**Directions for this task:**
Begin at the line below that has "fn alike(terms: &Terms, alone: &Alone, k: usize)" and stop after the line that has "get nat_cmp alone.now.here". Please restate only those lines, word for word.

━━━━━━━━━━

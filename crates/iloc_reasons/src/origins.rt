//! Which operation of its block each of somebody's rows is.
ghost use Rattle.std.specs.Prelude.{◌≡◌, ◌<◌, ◌↔◌, ◌⊎◌, ℕ, List, Option, true, Some, length, slice_index, IfOk, IfSome};
ghost use Rattle.std.specs.BTreeMap.{get};
ghost use Rattle.std.specs.Ordering.{nat_cmp};
ghost use Rattle.iloc_ops.specs.declared.op.Op.{Op as op_value};
ghost use Rattle.iloc_meaning.specs.Trace.{op_at};
ghost use Rattle.iloc_rules.specs.Renaming.{without_nops as ops_of};
ghost use Rattle.iloc_facts.specs.Facts.{AreSources, HasLabel};
ghost use Rattle.iloc_reasons.specs.Origins.{origin_at, AreKnown, AreLast, AreOrigins, IsKnown};
ghost use Rattle.iloc_reasons.specs.Steps.Likeness.{TellApart};
ghost use Rattle.iloc_reasons.specs.Steps.Origins.{AreAlone, AreLeft, AreReadAlike, ArePartners};

mod left;

use crate::choice::data_flow::DataFlow;
use crate::likeness::{Terms, sources_of, terms_of};
use crate::terms::at;
use iloc_facts::{Sides, Sources, have_one_label};
use iloc_ops::{Block, NoMemory, Op};
use iloc_timed::{Latencies, Schedule};
use left::Left;
use std::alloc::Global;
use std::collections::BTreeMap;

/// What is noted at a place.
fn origin_at(origins: &[Option<usize>], k: usize) -> Option<usize>
    ensures { result ≡ origin_at origins.now k }
{
    match origins.get(k) {
        Some(origin) => *origin,
        None => None,
    }
}

/// Whether what is read is the start of a register on both sides, or the result of one that is known to be what is read in the
/// block.
fn is_read_alike(known: &[Option<usize>], given: Option<usize>, read: Option<usize>) -> bool
    ensures { result ≡ true → AreSources (λ j l. origin_at known.now l ≡ Some j) given read }
{
    match (given, read) {
        (Some(j), Some(l)) => origin_at(known, l) == Some(j),
        (None, None) => true,
        _ => false,
    }
}

/// The same of all that is read.
fn are_read_alike(known: &[Option<usize>], given: Sources, read: Sources) -> bool
    ensures { result ≡ true → AreReadAlike known.now given read }
{
    match (given, read) {
        (Sources::Nothing, Sources::Nothing) => true,
        (Sources::One(only), Sources::One(other)) => is_read_alike(known, only, other),
        (Sources::Two(left, right), Sources::Two(other, another)) => {
            is_read_alike(known, left, other) && is_read_alike(known, right, another)
        }
        _ => false,
    }
}

/// By number where it is alone among the first `count` of these, or that it isn't.
fn places(
    alloc: Global,
    numbers: &[u64],
    count: usize,
) -> Result<BTreeMap<u64, Option<usize>>, NoMemory>
    ensures { IfOk result (AreAlone numbers.now count) }
{
    let mut alone = BTreeMap::new(alloc);
    for i in 0..count {
        let number = at(numbers, i);
        let place = if alone.get(&number).is_some() {
            None
        } else {
            Some(i)
        };
        alone.insert(number, place)?;
    }
    Ok(alone)
}

/// Terms that only one operation of a side has, each with that operation.
#[derive(Drop)]
struct Alone {
    here: BTreeMap<u64, Option<usize>>,
    there: BTreeMap<u64, Option<usize>>,
}

/// Where a number is alone, if it is.
fn place_of(alone: &BTreeMap<u64, Option<usize>>, number: u64) -> Option<usize>
    ensures { IfSome result (λ i. get nat_cmp alone.now number ≡ Some (Some i)) }
{
    match alone.get(&number) {
        Some(place) => *place,
        None => None,
    }
}

/// The operation of the block that alone has the term of operation k of the rows, if that has it alone.
fn alike(terms: &Terms, alone: &Alone, k: usize) -> Option<usize>
    ensures here { IfSome result (λ i. get nat_cmp alone.now.here (slice_index terms.now.rows.items k) ≡ Some (Some i)) }
    ensures there { IfSome result (λ _. get nat_cmp alone.now.there (slice_index terms.now.rows.items k) ≡ Some (Some k)) }
    ensures same { IfSome result (λ i. slice_index terms.now.block.items i ≡ slice_index terms.now.rows.items k) }
{
    let term = at(&terms.rows, k);
    let i = place_of(&alone.here, term)?;
    let l = place_of(&alone.there, term)?;
    if l == k && at(&terms.block, i) == term {
        return Some(i);
    }
    None
}

/// Whether operation i of the block differs from operation k of the rows in registers alone.
fn is_labelled(block: &[Op], ops: &[Op], i: usize, k: usize) -> bool
    requires { k < length ops.now }
    ensures { result ≡ true → HasLabel block.now i (op_at ops.now k) }
{
    i < block.len() && have_one_label(&block[i], &ops[k])
}

/// The operation of the block that operation k of the rows is known to be.
fn known_origin(
    sides: &Sides,
    terms: &Terms,
    alone: &Alone,
    known: &[Option<usize>],
    k: usize,
) -> Option<usize>
    requires terms { TellApart sides.now.latencies.now sides.now.block.items sides.now.schedule.now.ops
        sides.now.schedule.now.rows terms.now }
    requires here { AreAlone terms.now.block.items (length sides.now.block.items) alone.now.here }
    requires there { AreAlone terms.now.rows.items (length sides.now.schedule.now.ops) alone.now.there }
    requires within { k < length sides.now.schedule.now.ops }
    ensures { IfSome result (λ i. IsKnown sides.now.latencies.now sides.now.block.items sides.now.schedule.now.ops
        sides.now.schedule.now.rows known.now i k) }
{
    let i = alike(terms, alone, k)?;
    let given = sides.given(i)?;
    let reading = sides.reading(k)?;
    let ops = sides.schedule.ops();
    if is_labelled(&sides.block, ops, i, k) && are_read_alike(known, given, reading.sources) {
        return Some(i);
    }
    None
}

/// By operation of the rows the one of the block that it is known to be by what it computes.
fn known_origins(
    alloc: Global,
    sides: &Sides,
    terms: &Terms,
) -> Result<Vec<Option<usize>>, NoMemory>
    requires terms { TellApart sides.now.latencies.now sides.now.block.items sides.now.schedule.now.ops
        sides.now.schedule.now.rows terms.now }
    ensures size { IfOk result (λ known. length known.items ≡ length sides.now.schedule.now.ops) }
    ensures each { IfOk result (λ known. AreKnown sides.now.latencies.now sides.now.block.items sides.now.schedule.now.ops
        sides.now.schedule.now.rows known.items) }
{
    let count = sides.schedule.ops().len();
    let alone = Alone {
        here: places(alloc, &terms.block, sides.block.len())?,
        there: places(alloc, &terms.rows, count)?,
    };
    let mut known = Vec::with_capacity(alloc, count)?;
    for k in 0..count {
        let origin = known_origin(sides, terms, &alone, &known, k);
        known.push(origin)?;
    }
    Ok(known)
}

/// By operation of the block, of which there are `count`, one of the rows that is known to be it.
fn partners_of(
    alloc: Global,
    known: &[Option<usize>],
    count: usize,
) -> Result<Vec<Option<usize>>, NoMemory>
    ensures size { IfOk result (λ partners. length partners.items ≡ count) }
    ensures each { IfOk result (λ partners. ArePartners known.now (length known.now) partners.items) }
{
    let mut partners = vec![in alloc; None; count]?;
    for (k, origin) in known.iter().enumerate() {
        if let Some(i) = *origin
            && i < partners.len()
        {
            partners[i] = Some(k);
        }
    }
    Ok(partners)
}

/// The operation of the block that operation k of the rows is known to be, or else the last of its label, if it is the last of
/// the rows.
fn origin_of(
    known: &[Option<usize>],
    here: &Left,
    there: &Left,
    ops: &[Op],
    k: usize,
) -> Option<usize>
    requires within { k < length ops.now }
    requires there { AreLeft ops.now known.now (length ops.now) there.now }
    ensures { (block : List op_value) (partners : List (Option ℕ)) → length partners ≡ length block
        → ArePartners known.now (length known.now) partners → AreLeft block partners (length block) here.now
        → (i : ℕ) → (result ≡ Some i)
        ↔ ((origin_at known.now k ≡ Some i) ⊎ AreLast block ops.now known.now i k) }
{
    let known = origin_at(known, k);
    if known.is_some() {
        return known;
    }
    let i = here.only(&ops[k])?;
    let l = there.only(&ops[k])?;
    if l == k { Some(i) } else { None }
}

/// By operation of the rows the one of the block that it is, where it can be no other.
fn origins_among(
    alloc: Global,
    sides: &Sides,
    known: &[Option<usize>],
) -> Result<Vec<Option<usize>>, NoMemory>
    requires size { length known.now ≡ length sides.now.schedule.now.ops }
    requires each { AreKnown sides.now.latencies.now sides.now.block.items sides.now.schedule.now.ops
        sides.now.schedule.now.rows known.now }
    ensures { IfOk result (λ origins. AreOrigins sides.now.latencies.now sides.now.block.items sides.now.schedule.now.ops
        sides.now.schedule.now.rows origins.items) }
{
    let ops = sides.schedule.ops();
    let partners = partners_of(alloc, known, sides.block.len())?;
    let here = Left::of(alloc, &sides.block, &partners)?;
    let there = Left::of(alloc, ops, known)?;
    let mut origins = Vec::with_capacity(alloc, ops.len())?;
    for k in 0..ops.len() {
        origins.push(origin_of(known, &here, &there, ops, k))?;
    }
    Ok(origins)
}

/// The same, of both sides.
fn origins_by(alloc: Global, sides: &Sides) -> Result<Vec<Option<usize>>, NoMemory>
    ensures { IfOk result (λ origins. AreOrigins sides.now.latencies.now sides.now.block.items sides.now.schedule.now.ops
        sides.now.schedule.now.rows origins.items) }
{
    let block = DataFlow::of_block(alloc, &sides.block, &sides.givens)?;
    let sources = sources_of(alloc, &sides.readings)?;
    let rows = DataFlow::of(alloc, sides.schedule.ops(), sides.schedule.rows(), &sources)?;
    let terms = terms_of(alloc, sides, &block, &rows)?;
    let known = known_origins(alloc, sides, &terms)?;
    origins_among(alloc, sides, &known)
}

/// Which operation of its block each of rows that somebody made is, where they aren't known to be by the book: the one that
/// computes the same, or else the only one of its label that is left on both sides. Operations are numbered without `nop`s.
///
/// Promise: each operation has the number of the one that it is by what both compute and by no other computing it, or of the
/// last of its label, where one is left on both sides; the others have none.
pub fn origins_of(
    alloc: Global,
    block: &Block,
    theirs: &Schedule,
    latencies: &Latencies,
) -> Result<Vec<Option<usize>>, NoMemory>
    ensures { IfOk result (λ origins. AreOrigins latencies.now (ops_of block.now.ops) theirs.now.ops theirs.now.rows
        origins.items) }
{
    let sides = Sides::of(alloc, block, theirs, latencies)?;
    origins_by(alloc, &sides)
}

━━━━━━━━━━

**Answer section:**
fn alike(terms: &Terms, alone: &Alone, k: usize) -> Option<usize>
    ensures here { IfSome result (λ i. get nat_cmp alone.now.here (slice_index terms.now.rows.items k) ≡ Some (Some i)) }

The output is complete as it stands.